# Intouch 7.1 Wonderware : WinXP kompatibel?



## Ligatschow (20 März 2008)

Hallo Kollegen,

ich muss in einem Projekt Bedienstationen die mit Intouch/Win2K installiert sind auf WinXP Prof hochrüsten. Ist diese Version von Intouch überhaupt kompatibel mit WinXP Prof. und mit welchen Zeitaufwendungen habe ich zu rechnen um Intouch zu installieren und die projektunabhängigen Einstellungen zu machen.

Gibt es bei Intouch Softlizenzen die man vorher sichern muss?

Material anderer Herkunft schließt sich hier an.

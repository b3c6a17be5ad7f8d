// Lists and arrays.
use crate::measured::{Measured, changed, sum_of, sum_of_all, sum_of_walk, value_behind};
use crate::row::Row;
use imm_array::ImmArray;
use imm_base::Val;
use imm_list::ImmList;
use std::alloc::Global;

impl Measured for ImmList<Val> {
    const NAME: &'static str = "list";

    fn build(alloc: Global, values: &[Val]) -> Option<Self> {
        ImmList::from_slice(alloc, values).ok()
    }

    fn call(&mut self, alloc: Global, row: Row, number: u32) -> Option<u64> {
        match row {
            Row::Add => changed(self.add(alloc, value_behind(number))),
            Row::LookUp => Some(u64::from(self.get(number).is_ok())),
            Row::Remove => changed(self.remove_at(alloc, number)),
            Row::Set => changed(self.set_item(alloc, number, value_behind(number))),
            Row::Iterate => sum_of_all(self.to_vec(alloc)),
            Row::Walk => sum_of_walk(alloc, self),
            _ => None,
        }
    }
}

impl Measured for ImmArray<Val> {
    const NAME: &'static str = "array";

    fn build(alloc: Global, values: &[Val]) -> Option<Self> {
        ImmArray::from_slice(alloc, values).ok()
    }

    fn call(&mut self, alloc: Global, row: Row, number: u32) -> Option<u64> {
        match row {
            Row::Add => changed(self.add(alloc, value_behind(number))),
            Row::LookUp => Some(u64::from(self.get(number).is_ok())),
            Row::Remove => changed(self.remove_at(alloc, number)),
            Row::Set => changed(self.set_item(alloc, number, value_behind(number))),
            Row::Iterate => Some(sum_of(self.as_slice())),
            _ => None,
        }
    }
}
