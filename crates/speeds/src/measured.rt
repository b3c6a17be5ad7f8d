// What is measured of a collection.
use crate::row::Row;
use enumerators::{Walk, Walked};
use imm_base::{Edit, LIMIT, Val};
use plain_model::Elem;
use stack_pool::Pool;
use std::alloc::Global;

/// A collection whose calls are measured, of the elements `value_of(0)`, `value_of(1)` and so on, or
/// with these as its keys.
pub(crate) trait Measured: Sized + Drop {
    /// What it is called in the output.
    const NAME: &'static str;

    /// The collection of these values. `None`: for want of memory.
    fn build(alloc: Global, values: &[Val]) -> Option<Self>;

    /// What a call of the row at that number comes to. `None`: there is no such call, or it failed.
    fn call(&mut self, alloc: Global, row: Row, number: u32) -> Option<u64>;
}

pub(crate) fn value_of(number: u32) -> Val {
    Val::Int(2 * i64::from(number))
}

/// A value between that of the number and the next one.
pub(crate) fn value_behind(number: u32) -> Val {
    Val::Int(2 * i64::from(number) + 1)
}

/// The other collection, where there is one.
pub(crate) fn other<C: Drop, F: Drop>(made: Result<Edit<C>, F>) -> Option<C> {
    match made {
        Ok(Edit::New(collection)) => Some(collection),
        Ok(Edit::Same) => None,
        Err(_) => None,
    }
}

/// 1 for another collection.
pub(crate) fn changed<C: Drop, F: Drop>(made: Result<Edit<C>, F>) -> Option<u64> {
    other(made).map(|_collection| 1)
}

// The sum with the value, where that is an integer.
fn plus(sum: u64, value: &Val) -> u64 {
    match value {
        Val::Int(number) => sum.wrapping_add(number.cast_unsigned()),
        Val::Text(_) => sum,
    }
}

/// The sum of the integers.
pub(crate) fn sum_of(values: &[Val]) -> u64 {
    let mut sum = 0u64;
    for value in values {
        sum = plus(sum, value);
    }
    sum
}

/// The sum of the integers, where there are any.
pub(crate) fn sum_of_all<F: Drop>(values: Result<Vec<Val>, F>) -> Option<u64> {
    match values {
        Ok(values) => Some(sum_of(values.as_slice())),
        Err(_) => None,
    }
}

/// The sum of the integers, or of the keys, that a walk comes to. `None`: for want of memory.
pub(crate) fn sum_of_walk<C: Walked>(alloc: Global, walked: &mut C) -> Option<u64> {
    let mut pool = Pool::make(alloc).ok()?;
    let rest = walked.rest(alloc).ok()?;
    let version = walked.version();
    let walk = Walk::start(rest, version, &mut pool).ok()?;
    let mut sum = 0u64;
    for _ in 0..LIMIT {
        match walk.next(&mut pool, version).ok()? {
            Some(Elem::One(value)) => sum = plus(sum, &value),
            Some(Elem::Pair(key, _)) => sum = plus(sum, &key),
            None => return Some(sum),
        }
    }
    Some(sum)
}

Was ist bei einer solchen Aktion noch zu beachten.

Gruss Ligatschow


----------



## alonely01 (20 März 2008)

Ligatschow schrieb:


> Hallo Kollegen,
> 
> ich muss in einem Projekt Bedienstationen die mit Intouch/Win2K installiert sind auf WinXP Prof hochrüsten. Ist diese Version von Intouch überhaupt kompatibel mit WinXP Prof. und mit welchen Zeitaufwendungen habe ich zu rechnen um Intouch zu installieren und die projektunabhängigen Einstellungen zu machen.
> 
> ...


 
Hallo...

haben diese Version auch im Einsatz und nur auf Rechnern mit WinXP Prof.
Läuft einwandfrei.
Installation geht eigentlich recht flott. Bei uns so ca. 15min, bis des Programm installiert ist. Dann noch dein Projekt draufkopieren und gut ist.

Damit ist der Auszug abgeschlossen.